Saved data entries:
• • • • • • •

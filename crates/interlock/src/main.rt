// Reads a case from standard input and prints how it was judged, or the refusal. What is said is the library's; here it is only
// read and printed.
#![tactic(auto)]

ghost use Rattle.std.specs.Prelude.{OnOk};
ghost use Rattle.interlock.specs.Program.{Answered};

use answer::answer;
use std::alloc::Global;
use std::io::{Read, Write};

// One byte more than a case may have, so that one that is too long is seen to be.
const MOST_READ: u64 = 32769;

fn main(rt: HostRuntime) -> anyhow::Result<()> {
    answer_input(rt.alloc(), rt.stdin(), &mut rt.stdout())
}

// Writes the answer to the case that the input gives. The bytes that are left unread would not change it.
fn answer_input<R: Read + Drop, W: Write>(
    heap: Global,
    input: R,
    output: &mut W,
) -> anyhow::Result<()>
    ensures { OnOk result (Answered (R.remaining input) (W.contents output.old) (W.contents output.new)) }
{
    let mut bytes = Vec::new(heap);
    input.take(MOST_READ).read_to_end(&mut bytes)?;
    let text = answer(heap, bytes.as_slice())?;
    output.write_all(text.as_bytes())?;
    Ok(())
}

• • • • • • •

■ Task goal: Your reply must consist solely of the number of lines in the data that contain the word "case".

■ Answer for the task: 3